Will Spurs finish in top 4 in the upcoming season?

  • Yes

  • No


Results are only viewable after voting.
Status
Not open for further replies.
Not sure who said it was a genius tactic nor would I say Liverpool are a quality side.
I thought it was pretty obvious that the second phrase is an exaggeration.

Anyway, calling Mourinho's tactics against Liverpool this season "the way to go" kinda hints in that direction and that was the post I quoted. I don't think one of the best managers in the world deserves any praise for getting two draws by playing defensive long ball football against a clearly inferior squad that was built with significantly less money. But that's just me.
 
I thought it was pretty obvious that the second phrase is an exaggeration.

Anyway, calling Mourinho's tactics against Liverpool this season "the way to go" kinda hints in that direction and that was the post I quoted. I don't think one of the best managers in the world deserves any praise for getting two draws by playing defensive long ball football against a clearly inferior squad that was built with significantly less money. But that's just me.

I presume you didn't watch the game at OT as the tactics were certainly not defensive or long ball.
 
To be honest, a Liverpool win yesterday was ideal. Spurs won't stop as many points as Liverpool between now and the end of the season so all it does it tighten the gap between us and Spurs.
 
I presume you didn't watch the game at OT as the tactics were certainly not defensive or long ball.
Both times, Mourinho's tactics were about avoiding the midfield battle, rather than actually dominating it. The second game was influenced by Liverpool taking the lead, which meant that United had more of the ball than the initial tactics suggested and obviously deserved the late equaliser. The underlying story was still somewhat similar.

Anyway, I wouldn't call Mourinho's tactics 'the way to go' in either of the games. That was the actual point I made.
 
Both times, Mourinho's tactics were about avoiding the midfield battle, rather than actually dominating it. The second game was influenced by Liverpool taking the lead, which meant that United had more of the ball than the initial tactics suggested and obviously deserved the late equaliser. The underlying story was still somewhat similar.

By that logic, Klopp's entire tactic is to avoid the midfield battle - he wants to win the ball from the opposition's defence before their pressing line is broken.

Van Gaal was a loon, but I remember him saying before that dominant Juanfield performance that "the team that breaks the press wins", which is exactly what we did that afternoon, in part by using Fellaini as a deeper target man behind their midfield.

It's not avoiding the midfield battle, is refusing to allow Liverpool to dictate the terms of the match, as Spurs allowed them to yesterday.
 
By that logic, Klopp's entire tactic is to avoid the midfield battle - he wants to win the ball from the opposition's defence before their pressing line is broken.

Van Gaal was a loon, but I remember him saying before that dominant Juanfield performance that "the team that breaks the press wins", which is exactly what we did that afternoon, in part by using Fellaini as a deeper target man behind their midfield.

It's not avoiding the midfield battle, is refusing to allow Liverpool to dictate the terms of the match, as Spurs allowed them to yesterday.
Disagree with all of that.
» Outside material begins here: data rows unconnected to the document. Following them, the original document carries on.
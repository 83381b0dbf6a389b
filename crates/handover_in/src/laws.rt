//! What holds of an intake whatever it meets. Each law is a contract over the definitions that
//! `Intake::apply` meets.

ghost use Rattle.std.specs.Prelude.{◌≡◌, ◌↔◌, IsSome, None, ◌++◌, List, [], Some, true, false, option_map};
ghost use Rattle.std.specs.List.{list_all};
ghost use Rattle.line_base.specs.declared.states.Seen.{Seen as Sight};
ghost use Rattle.line_base.specs.declared.states.SensorEvent.{SensorEvent as Event};
ghost use Rattle.handover_in.specs.declared.input.InInput.{InInput as Input};
ghost use Rattle.handover_in.specs.declared.input.InInput.TheVariants.{Unready, Start, Closed};
ghost use Rattle.handover_in.specs.State.{InState, at_rest, held, own_of_phase, takes_offers};
ghost use Rattle.handover_in.specs.Row.{InRow, intake_row};
ghost use Rattle.handover_in.specs.Table.{IsIntakeRow};
ghost use Rattle.handover_in.specs.Together.{IsIntakeTogether};
ghost use Rattle.handover_in.specs.Links.{is_unlinked_phase, is_own, all_sent};
ghost use Rattle.handover_in.specs.Deeds.{NamesRecord};
ghost use Rattle.handover_in.specs.Sights.{own_after_all, all_sensed, own_by_all};
ghost use Rattle.handover_in.specs.Given.{IsGiven, breach_of};
ghost use Rattle.handover_in.specs.Run.{step, after_all};
ghost use Rattle.handover_in.specs.Records.{list_of, id_of, all_in, all_out, held_by_all};
ghost use Rattle.handover_in.specs.Offers.{is_start, starts_at, offer_after, offer_after_all, ready_after, ready_after_all};
ghost use Rattle.handover_in.specs.Ends.{nothing_yet, learned_after, learned_after_all, IsLearned, IsDriven, drive_after_all, IsInPlay};

/// The plain program that `Intake::apply` meets computes exactly the rows of the intake table.
#[tactic(auto, using(crate::proofs::Rows::rows_exactly))]
pub fn rows_are_those_of_the_table()
    ensures { (s : InState) (input : Input) (row : InRow)
        → (intake_row s input ≡ Some row) ↔ IsIntakeRow s input row }
{}

/// The table has a row for what is no message exactly where it is given: for what the machine
/// says and starts on its condition, and for each sensor event, fault, close and new connection.
#[tactic(auto, using(crate::proofs::IntakeLaws::given_exactly))]
pub fn rows_stand_where_given()
    ensures { (s : InState) (input : Input) → breach_of input ≡ None
        → IsSome (intake_row s input) ↔ IsGiven s input }
{}

/// What stands together in an intake stands together after every row: it is ready only while no
/// handover is open, and has an offer only where it takes offers. So what a ready intake's machine
/// says or starts has its row, whatever the phase.
#[tactic(auto, using(crate::proofs::Together::kept, crate::proofs::Together::offer_taken, crate::proofs::Together::unready_given, crate::proofs::Together::start_given))]
pub fn rows_keep_what_stands_together()
    ensures row { (s : InState) (input : Input) (row : InRow) → intake_row s input ≡ Some row
        → IsIntakeTogether s → IsIntakeTogether row.after }
    ensures offer { (s : InState) → IsIntakeTogether s → IsSome s.offer
        → takes_offers s.phase ≡ true }
    ensures unready { (s : InState) → IsIntakeTogether s → s.ready ≡ true → IsGiven s Unready }
    ensures start { (s : InState) → IsIntakeTogether s → s.ready ≡ true → IsSome s.offer
        → IsGiven s Start }
{}

/// Without a connection an intake is idle or waits for a board. There its events, faults and
/// closes send nothing, and it stays so; and a close leads there from everywhere, and sends
/// nothing.
#[tactic(auto, using(crate::proofs::Deeds::unlinked_silent, crate::proofs::Deeds::all_silent, crate::proofs::Deeds::close_silent))]
pub fn without_a_connection_nothing_is_sent()
    ensures step { (s : InState) (input : Input) → is_unlinked_phase s.phase ≡ true
        → is_own input ≡ true → ((step s input).act.send ≡ None)
        × (is_unlinked_phase (step s input).after.phase ≡ true) }
    ensures run { (s : InState) (inputs : List Input) → is_unlinked_phase s.phase ≡ true
        → list_all is_own inputs ≡ true → (all_sent s inputs ≡ [])
        × (is_unlinked_phase (after_all s inputs).phase ≡ true) }
    ensures close { (s : InState) → ((step s Closed).act.send ≡ None)
        × (is_unlinked_phase (step s Closed).after.phase ≡ true) }
{}

/// A deed names its record: `Starts` that of the offer, which is held then, and `Settles` and
/// `Drops` that which was held. A record is handed on exactly where it settles, and it is the one
/// that was held. Without a deed the held record stays.
#[tactic(auto, using(crate::proofs::Deeds::deeds_name))]
pub fn deeds_name_their_record()
    ensures { (s : InState) (input : Input)
        → NamesRecord s (step s input) (step s input).act.deed }
{}

/// A record that goes in comes out as it was, once and in order: over any list of inputs, the
/// record that was held and those of the transports that started are those that were handed on or
/// dropped, and the one that is still held.
#[tactic(auto, using(crate::proofs::IntakeLaws::records_balance))]
pub fn records_come_out_as_they_were()
    ensures { (s : InState) (inputs : List Input)
        → list_of (held s) ++ all_in s inputs ≡ all_out s inputs
        ++ list_of (held (after_all s inputs)) }
{}

/// A record is held exactly from the start of its transport to the deed that ends its handover:
/// `Settles` or `Drops`.
#[tactic(auto, using(crate::proofs::IntakeLaws::holds_by_deeds))]
pub fn holds_from_start_to_end()
    ensures { (s : InState) (inputs : List Input)
        → id_of (held (after_all s inputs)) ≡ held_by_all (id_of (held s)) s inputs }
{}

/// A transport starts exactly where the machine says so while no handover is open, it is ready,
/// and a board is offered.
#[tactic(auto, using(crate::proofs::IntakeLaws::starts_exactly))]
pub fn starts_where_ready_and_offered()
    ensures { (s : InState) (input : Input)
        → is_start (step s input).act.deed ≡ starts_at s input }
{}

/// The offer is the record that the last offer brought, and it and the readiness follow from what
/// was met: a start and a close clear both.
#[tactic(auto, using(crate::proofs::IntakeLaws::clears_exactly))]
pub fn starts_and_closes_clear_offers()
    ensures offer { (s : InState) (input : Input) (row : InRow) → intake_row s input ≡ Some row
        → row.after.offer ≡ offer_after s input }
    ensures ready { (s : InState) (input : Input) (row : InRow) → intake_row s input ≡ Some row
        → row.after.ready ≡ ready_after s.ready input }
{}

/// And so they do over any list of inputs.
#[tactic(auto, using(crate::proofs::Sights::offers_after_all, crate::proofs::Sights::readies_after_all))]
pub fn offers_follow_from_what_was_met()
    ensures offer { (s : InState) (inputs : List Input)
        → (after_all s inputs).offer ≡ offer_after_all s.offer s inputs }
    ensures ready { (s : InState) (inputs : List Input)
        → (after_all s inputs).ready ≡ ready_after_all s.ready s inputs }
{}

/// What the sensors saw of the held board follows from the events since its start: over any list
/// of inputs, and over a list of events alone, as long as the board is held.
#[tactic(auto, using(crate::proofs::Sights::sees_by_events, crate::proofs::Sights::held_sees_all, crate::proofs::Sights::own_append))]
pub fn sights_follow_from_the_events()
    ensures inputs { (s : InState) (inputs : List Input)
        → own_of_phase (after_all s inputs).phase ≡ own_by_all (own_of_phase s.phase) s inputs }
    ensures events { (s : InState) (events : List Event)
        → IsSome (held (after_all s (all_sensed events)))
        → own_of_phase (after_all s (all_sensed events)).phase
        ≡ option_map (λ own. own_after_all own events) (own_of_phase s.phase) }
    ensures append { (own : Sight) (first rest : List Event)
        → own_after_all own (first ++ rest) ≡ own_after_all (own_after_all own first) rest }
{}

/// A deed is as it was learned, looking back over what was met since the transport started.
///
/// A board settles only once its own sensor saw it inside, and the upstream machine said in its
/// connection that it has begun to leave or has left, or a new connection stands. It is dropped
/// only where the sensors saw that it didn't come, or that it was taken out; and `taken` says
/// which.
#[tactic(auto, using(crate::proofs::IntakeLaws::deeds_are_learned))]
pub fn deeds_are_as_they_were_learned()
    ensures { (inputs : List Input) (input : Input)
        → IsLearned
        (learned_after (learned_after_all nothing_yet at_rest inputs) input
        (intake_row (after_all at_rest inputs) input)) input
        (step (after_all at_rest inputs) input).act
        (step (after_all at_rest inputs) input).act.deed }
{}

/// Which phases come up: a transport runs only until the board is inside or was taken out, and a
/// board is waited for only where it lies between the machines, or is inside and nobody said that
/// it has left.
#[tactic(auto, using(crate::proofs::IntakeLaws::phases_in_play))]
pub fn phases_that_come_up()
    ensures { (inputs : List Input) → IsInPlay (after_all at_rest inputs).phase }
{}

/// The drive is on while a board is taken in, and it may run on for a board that has left and
/// whose connection was closed. Else it is off.
#[tactic(auto, using(crate::proofs::IntakeLaws::drive_is_driven))]
pub fn drive_runs_while_taking()
    ensures { (inputs : List Input)
        → IsDriven (after_all at_rest inputs).phase (drive_after_all false at_rest inputs) }
{}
Liverpool is dictating the terms of the match, if they force the opponent to play a way that neglects their own strength. If United has to use Fellaini as a 2nd target man to get some sort of control of the game, it's a great thing for the opponent, because one of your worst players becomes the key to the match. What more can you want as an opponent against a superior squad? If you still fail to capitalise on it, then it obviously sucks. But at least you maximised your chances.

If you can break Liverpool's midfield pressing without going past your own strength, you're the one winning back control. A team with more individual talent should find a way to do that instead of hoping for the best by bringing on 'best chest control in football with lots of hair'.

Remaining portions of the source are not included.